I'm trying to create a function that returns a dynamically-named list of columns. Usually I can manually name the list, but I now have 100+ csv files to work with.
My goal:
- Function creates a list, and names it based on dataframe name
- Created list is callable outside of the function
I've done my research, and this answer from an earlier post came very close to helping me.
Here is what I've adapted
def test1(dataframe):
# Using globals() to get dataframe name
df_name = [x for x in globals() if globals()[x] is dataframe][0]
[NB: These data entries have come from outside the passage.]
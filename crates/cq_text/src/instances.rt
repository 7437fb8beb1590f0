//! The transcript of an instance.
ghost use Rattle.std.specs.Prelude.{◌≡◌, ◌++◌, IfOk, OnOk, codes, length};
ghost use Rattle.std.specs.List.{flat_map};
ghost use Rattle.cq_theory.specs.Canonical.{below};
ghost use Rattle.cq_text.specs.Transcript.{entity_lines, line, transcript_of};

use crate::algebra::{push_entries, push_nulls};
use crate::edges::{attributes_by_entity, keys_by_entity};
use crate::pieces::push_name;
use crate::rows::push_entities;
use cq_base::Name;
use cq_instance::Instance;
use std::alloc::{AllocError, Global};

/// The transcript of an instance under a name: its schema's name, each entity with its rows in order, the nulls
/// with their types, and the entries of functions. Each line ends with LF.
///
/// A row is shown by its number from 1, its least name, the values of its attributes and the numbers of the rows to
/// which its keys lead, both in the order of the schema. The only refusal is want of memory.
pub fn transcript(
    alloc: Global,
    name: &Name,
    schema: &Name,
    instance: &Instance,
) -> Result<Vec<u8>, AllocError>
    ensures { IfOk result (λ text. text.items ≡ transcript_of name.now schema.now instance.now) }
{
    let mut text = Vec::new(alloc);
    push_transcript(alloc, name, schema, instance, &mut text)?;
    Ok(text)
}

/// Appends the transcript of an instance to a text, so that a file's transcripts are made in one text. The only
/// refusal is want of memory, after which a part of it may stand there.
pub fn push_transcript(
    alloc: Global,
    name: &Name,
    schema: &Name,
    instance: &Instance,
    text: &mut Vec<u8>,
) -> Result<(), AllocError>
    ensures { OnOk result (text.new.items ≡ text.old.items ++ transcript_of name.now schema.now instance.now) }
{
    push_first_line(name, schema, text)?;
    push_tables(alloc, instance, text)?;
    push_nulls(instance, text)?;
    push_entries(instance, text)?;
    text.extend_from_slice(b"end\n")?;
    Ok(())
}

fn push_first_line(name: &Name, schema: &Name, text: &mut Vec<u8>) -> Result<(), AllocError>
    ensures { OnOk result (text.new.items ≡ text.old.items
        ++ line (codes "instance " ++ name.now ++ codes " : " ++ schema.now)) }
{
    text.extend_from_slice(b"instance ")?;
    push_name(name, text)?;
    text.extend_from_slice(b" : ")?;
    push_name(schema, text)?;
    text.extend_from_slice(b"\n")?;
    Ok(())
}

/// Appends the lines of all entities and rows.
fn push_tables(alloc: Global, instance: &Instance, text: &mut Vec<u8>) -> Result<(), AllocError>
    ensures { OnOk result (text.new.items ≡ text.old.items
        ++ flat_map (entity_lines instance.now) (below (length instance.now.schema.entities))) }
{
    let attributes = attributes_by_entity(alloc, instance)?;
    let keys = keys_by_entity(alloc, instance)?;
    push_entities(instance, &attributes, &keys, text)?;
    Ok(())
}
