//! The lines of entities and of their rows.
ghost use Rattle.std.specs.Prelude.{◌≡◌, ◌++◌, ◌<◌, IfSome, OnOk, codes, length, slice_get};
ghost use Rattle.std.specs.List.{flat_map};
ghost use Rattle.cq_theory.specs.Tables.{count_of};
ghost use Rattle.cq_theory.specs.Canonical.{below};
ghost use Rattle.cq_text.specs.Grouped.{IsGrouped, numbers_from};
ghost use Rattle.cq_instance.specs.InstanceData.{name_at};
ghost use Rattle.cq_text.specs.Transcript.{attribute_text, attribute_texts, key_text, key_texts, name_text};
ghost use Rattle.cq_text.specs.Transcript.{name_or_empty, heading, row_line, entity_lines};

use crate::pieces::{push_cell, push_name, push_number, push_reference, push_term};
use cq_instance::Instance;
use std::alloc::AllocError;

/// Appends the lines of all entities. The attributes and the keys are given by their numbers, for each entity.
pub fn push_entities(
    instance: &Instance,
    attributes: &[Vec<u32>],
    keys: &[Vec<u32>],
    text: &mut Vec<u8>,
) -> Result<(), AllocError>
    requires attributes { IsGrouped instance.now.schema.attributes (length instance.now.schema.entities)
        attributes.now }
    requires keys { IsGrouped instance.now.schema.keys (length instance.now.schema.entities) keys.now }
    ensures { OnOk result (text.new.items ≡ text.old.items
        ++ flat_map (entity_lines instance.now) (below (length instance.now.schema.entities))) }
{
    let count = instance.schema().entities.len() as u32;
    for entity in 0..count {
        let place = entity as usize;
        push_entity(instance, entity, &attributes[place], &keys[place], text)?;
    }
    Ok(())
}

fn push_entity(
    instance: &Instance,
    entity: u32,
    attributes: &[u32],
    keys: &[u32],
    text: &mut Vec<u8>,
) -> Result<(), AllocError>
    requires entity { entity < length instance.now.schema.entities }
    requires attributes { attributes.now ≡ numbers_from entity instance.now.schema.attributes }
    requires keys { keys.now ≡ numbers_from entity instance.now.schema.keys }
    ensures { OnOk result (text.new.items ≡ text.old.items ++ entity_lines instance.now entity) }
{
    push_entity_heading(instance, entity, text)?;
    push_rows(instance, entity, attributes, keys, text)?;
    Ok(())
}

fn push_entity_heading(
    instance: &Instance,
    entity: u32,
    text: &mut Vec<u8>,
) -> Result<(), AllocError>
    requires { entity < length instance.now.schema.entities }
    ensures { OnOk result (text.new.items ≡ text.old.items
        ++ heading (codes "entity " ++ name_or_empty (slice_get instance.now.schema.entities entity))
        (count_of instance.now.tables entity)) }
{
    text.extend_from_slice(b"entity ")?;
    push_entity_name(instance, entity, text)?;
    text.extend_from_slice(b" ")?;
    push_number(u64::from(instance.count(entity)), text)?;
    text.extend_from_slice(b"\n")?;
    Ok(())
}

/// Appends the name of an entity.
pub fn push_entity_name(
    instance: &Instance,
    entity: u32,
    text: &mut Vec<u8>,
) -> Result<(), AllocError>
    requires { entity < length instance.now.schema.entities }
    ensures { OnOk result (text.new.items ≡ text.old.items
        ++ name_or_empty (slice_get instance.now.schema.entities entity)) }
{
    let entities = instance.schema().entities.as_slice();
    push_name(&entities[entity as usize], text)?;
    Ok(())
}

fn push_rows(
    instance: &Instance,
    entity: u32,
    attributes: &[u32],
    keys: &[u32],
    text: &mut Vec<u8>,
) -> Result<(), AllocError>
    requires entity { entity < length instance.now.schema.entities }
    requires attributes { attributes.now ≡ numbers_from entity instance.now.schema.attributes }
    requires keys { keys.now ≡ numbers_from entity instance.now.schema.keys }
    ensures { OnOk result (text.new.items ≡ text.old.items
        ++ flat_map (row_line instance.now entity) (below (count_of instance.now.tables entity))) }
{
    let start = text.len();
    let count = instance.count(entity);
    for row in 0..count {
        make_room(text, start, row, count);
        push_row(instance, entity, row, attributes, keys, text)?;
    }
    Ok(())
}

/// How many rows of an entity tell how long the others are.
const MEASURED: u32 = 1024;

/// After some rows, of `count` whose lines begin at `start`, makes room for the others, since a text that grows by
/// doubling takes up to three times its memory. Where there isn't so much, the text grows as it goes.
fn make_room(text: &mut Vec<u8>, start: usize, row: u32, count: u32)
    ensures { text.new.items ≡ text.old.items }
{
    if row == MEASURED {
        // Later rows have longer numbers and names: 200,000 has two digits more than 1,024.
        let bytes = text.len().saturating_sub(start) / MEASURED as usize;
        let each = bytes.saturating_add(bytes / 16).saturating_add(4);
        let _made = text.reserve(each.saturating_mul(count.saturating_sub(row) as usize));
    }
}

fn push_row(
    instance: &Instance,
    entity: u32,
    row: u32,
    attributes: &[u32],
    keys: &[u32],
    text: &mut Vec<u8>,
) -> Result<(), AllocError>
    requires entity { entity < length instance.now.schema.entities }
    requires row { row < count_of instance.now.tables entity }
    requires attributes { attributes.now ≡ numbers_from entity instance.now.schema.attributes }
    requires keys { keys.now ≡ numbers_from entity instance.now.schema.keys }
    ensures { OnOk result (text.new.items ≡ text.old.items ++ row_line instance.now entity row) }
{
    push_number(u64::from(row) + 1, text)?;
    text.extend_from_slice(b" ")?;
    push_row_name(instance, entity, row, text)?;
    push_attributes(instance, entity, row, attributes, text)?;
    push_keys(instance, entity, row, keys, text)?;
    text.extend_from_slice(b"\n")?;
    Ok(())
}

fn push_row_name(
    instance: &Instance,
    entity: u32,
    row: u32,
    text: &mut Vec<u8>,
) -> Result<(), AllocError>
    requires entity { entity < length instance.now.schema.entities }
    requires row { row < count_of instance.now.tables entity }
    ensures { OnOk result (text.new.items ≡ text.old.items
        ++ name_text instance.now.schema.keys instance.now.presentation.generators
        (name_at instance.now.names entity row)) }
{
    let schema = instance.schema();
    let generators = instance.presentation().generators.as_slice();
    push_term(
        schema.keys.as_slice(),
        generators,
        instance.name_of(entity, row),
        text,
    )?;
    Ok(())
}

fn push_attributes(
    instance: &Instance,
    entity: u32,
    row: u32,
    attributes: &[u32],
    text: &mut Vec<u8>,
) -> Result<(), AllocError>
    requires row { row < count_of instance.now.tables entity }
    requires attributes { attributes.now ≡ numbers_from entity instance.now.schema.attributes }
    ensures { OnOk result (text.new.items ≡ text.old.items ++ attribute_texts instance.now entity row) }
{
    for attribute in attributes {
        push_attribute(instance, *attribute, row, text)?;
    }
    Ok(())
}

fn push_attribute(
    instance: &Instance,
    attribute: u32,
    row: u32,
    text: &mut Vec<u8>,
) -> Result<(), AllocError>
    requires attribute { attribute < length instance.now.schema.attributes }
    requires row { IfSome (slice_get instance.now.schema.attributes attribute)
        (λ edge. row < count_of instance.now.tables edge.from) }
    ensures { OnOk result (text.new.items ≡ text.old.items ++ attribute_text instance.now row attribute) }
{
    let schema = instance.schema();
    let attributes = schema.attributes.as_slice();
    let value = instance.cell(attribute, row);
    push_cell(&schema.typeside, attributes, attribute, value, text)?;
    Ok(())
}

fn push_keys(
    instance: &Instance,
    entity: u32,
    row: u32,
    keys: &[u32],
    text: &mut Vec<u8>,
) -> Result<(), AllocError>
    requires row { row < count_of instance.now.tables entity }
    requires keys { keys.now ≡ numbers_from entity instance.now.schema.keys }
    ensures { OnOk result (text.new.items ≡ text.old.items ++ key_texts instance.now entity row) }
{
    for key in keys {
        push_key(instance, *key, row, text)?;
    }
    Ok(())
}

fn push_key(instance: &Instance, key: u32, row: u32, text: &mut Vec<u8>) -> Result<(), AllocError>
    requires key { key < length instance.now.schema.keys }
    requires row { IfSome (slice_get instance.now.schema.keys key)
        (λ edge. row < count_of instance.now.tables edge.from) }
    ensures { OnOk result (text.new.items ≡ text.old.items ++ key_text instance.now row key) }
{
    let keys = instance.schema().keys.as_slice();
    push_reference(keys, key, instance.key(key, row), text)?;
    Ok(())
}
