//! The terms of a literal, each appended to what stands before it.
ghost use Rattle.std.specs.Prelude.{◌≡◌, ◌++◌, ◌<◌, true, map, length, OnOk, slice_get};
ghost use Rattle.std.specs.List.{list_all};
ghost use Rattle.cq_theory.specs.ValueText.{application_text, function_name, is_named, is_named_con, quoted};
ghost use Rattle.cq_theory.specs.ValueText.{with_commas};
ghost use Rattle.cq_text.specs.Transcript.{edge_name, IsNamedEntry};
ghost use Rattle.cq_text.specs.Literal.{applied_text, content_of, generator_text};
ghost use Rattle.cq_text.specs.Spelling.{entry_equation_line, spelled};

use crate::pieces::{push_edge_name, push_number};
use crate::plan::sum_of;
use cq_theory::value_text::{push_function_name, push_quoted};
use cq_theory::{Con, Edge, Entry, Typeside, Value};
use std::alloc::AllocError;

/// The text of a constant, without quotes: a declared one's name, or an open one's text.
pub fn content<'a>(typeside: &'a Typeside, constant: &'a Con) -> &'a [u8]
    requires { is_named_con typeside.now constant.now ≡ true }
    ensures { result.now ≡ content_of typeside.now constant.now }
{
    match constant {
        Con::Named(number) => typeside.name_of_constant(*number).as_str().as_bytes(),
        Con::Open(text) => text.as_str().as_bytes(),
    }
}

/// Appends the name of the generator with this number, from 0.
pub fn push_generator(number: u64, text: &mut Vec<u8>) -> Result<(), AllocError>
    ensures { OnOk result (text.new.items ≡ text.old.items ++ generator_text number) }
{
    let shown = sum_of(number, 1)?;
    text.extend_from_slice(b"g")?;
    push_number(shown, text)?;
    Ok(())
}

/// Appends an attribute's or a key's name, and a generator in parentheses.
pub fn push_edge_at(
    edges: &[Edge],
    edge: u32,
    generator: u64,
    text: &mut Vec<u8>,
) -> Result<(), AllocError>
    requires { edge < length edges.now }
    ensures { OnOk result (text.new.items ≡ text.old.items
        ++ applied_text (edge_name (slice_get edges.now edge)) (generator_text generator)) }
{
    push_edge_name(edges, edge, text)?;
    text.extend_from_slice(b"(")?;
    push_generator(generator, text)?;
    text.extend_from_slice(b")")?;
    Ok(())
}

/// Appends a value: a constant as a text, a null as its generator, and a function at its arguments. The generator of
/// the first null is given.
#[cycle(spell)]
pub fn push_spelled(
    typeside: &Typeside,
    first_null: u64,
    value: &Value,
    text: &mut Vec<u8>,
) -> Result<(), AllocError>
    requires { is_named typeside.now value.now ≡ true }
    ensures { OnOk result (text.new.items ≡ text.old.items ++ spelled typeside.now first_null value.now) }
{
    match value {
        Value::Const(constant) => {
            push_content(typeside, constant, text)?;
            Ok(())
        }
        Value::Null(label) => {
            push_generator(sum_of(first_null, *label)?, text)?;
            Ok(())
        }
        Value::Fun(function, args) => {
            push_spelled_application(typeside, first_null, *function, args.as_slice(), text)?;
            Ok(())
        }
    }
}

#[cycle(spell)]
fn push_spelled_application(
    typeside: &Typeside,
    first_null: u64,
    function: u32,
    args: &[Value],
    text: &mut Vec<u8>,
) -> Result<(), AllocError>
    requires known { function < length typeside.now.functions }
    requires named { list_all (is_named typeside.now) args.now ≡ true }
    ensures { OnOk result (text.new.items ≡ text.old.items
        ++ application_text (function_name (slice_get typeside.now.functions function))
        (map (spelled typeside.now first_null) args.now)) }
{
    push_function_name(typeside, function, text)?;
    text.extend_from_slice(b"(")?;
    push_spelled_args(typeside, first_null, args, text)?;
    text.extend_from_slice(b")")?;
    Ok(())
}

#[cycle(spell)]
fn push_spelled_args(
    typeside: &Typeside,
    first_null: u64,
    args: &[Value],
    text: &mut Vec<u8>,
) -> Result<(), AllocError>
    requires { list_all (is_named typeside.now) args.now ≡ true }
    ensures { OnOk result (text.new.items ≡ text.old.items
        ++ with_commas (map (spelled typeside.now first_null) args.now)) }
{
    if let Some((first, rest)) = args.split_first() {
        push_spelled(typeside, first_null, first, text)?;
        for arg in rest {
            text.extend_from_slice(b", ")?;
            push_spelled(typeside, first_null, arg, text)?;
        }
    }
    Ok(())
}

fn push_content(typeside: &Typeside, constant: &Con, text: &mut Vec<u8>) -> Result<(), AllocError>
    requires { is_named_con typeside.now constant.now ≡ true }
    ensures { OnOk result (text.new.items ≡ text.old.items ++ quoted (content_of typeside.now constant.now)) }
{
    push_quoted(content(typeside, constant), text)?;
    Ok(())
}

/// Appends the equation of an entry.
pub fn push_entry_equation(
    typeside: &Typeside,
    first_null: u64,
    entry: &Entry,
    text: &mut Vec<u8>,
) -> Result<(), AllocError>
    requires { IsNamedEntry typeside.now entry.now }
    ensures { OnOk result (text.new.items ≡ text.old.items ++ entry_equation_line typeside.now first_null entry.now) }
{
    let args = entry.args.as_slice();
    push_spelled_application(typeside, first_null, entry.function, args, text)?;
    text.extend_from_slice(b" = ")?;
    push_spelled(typeside, first_null, &entry.value, text)?;
    text.extend_from_slice(b"\n")?;
    Ok(())
}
# Creating local dictionary to use exec function
local_dict = {}
# Trying to generate a name for the list, based on input dataframe name
name = 'col_list_' + df_name
exec(name + "=[]", globals(), local_dict)
# So I can call this list outside the function
name = local_dict[name]
for feature in dataframe.columns:
# Append feature/column if >90% of values are missing
if dataframe[feature].isnull().mean() >= 0.9:
name.append(feature)
return name
To ensure the list name changes based on the DataFrame supplied to the function, I named the list using:
name = 'col_list_' + df_name
The problem comes when I try to make this list accessible outside the function:
name = local_dict[name]
.
I cannot find away to assign a dynamic list name to the local dictionary, so I am forced to always call name
outside the function to return the list. I want the list to be named based on the dataframe input (eg. col_list_df1, col_list_df2, col_list_df99).
This answer was very helpful, but it seems specific to variables.
global 'col_list_' + df_name
returns a syntax error.
Any help would be greatly appreciated!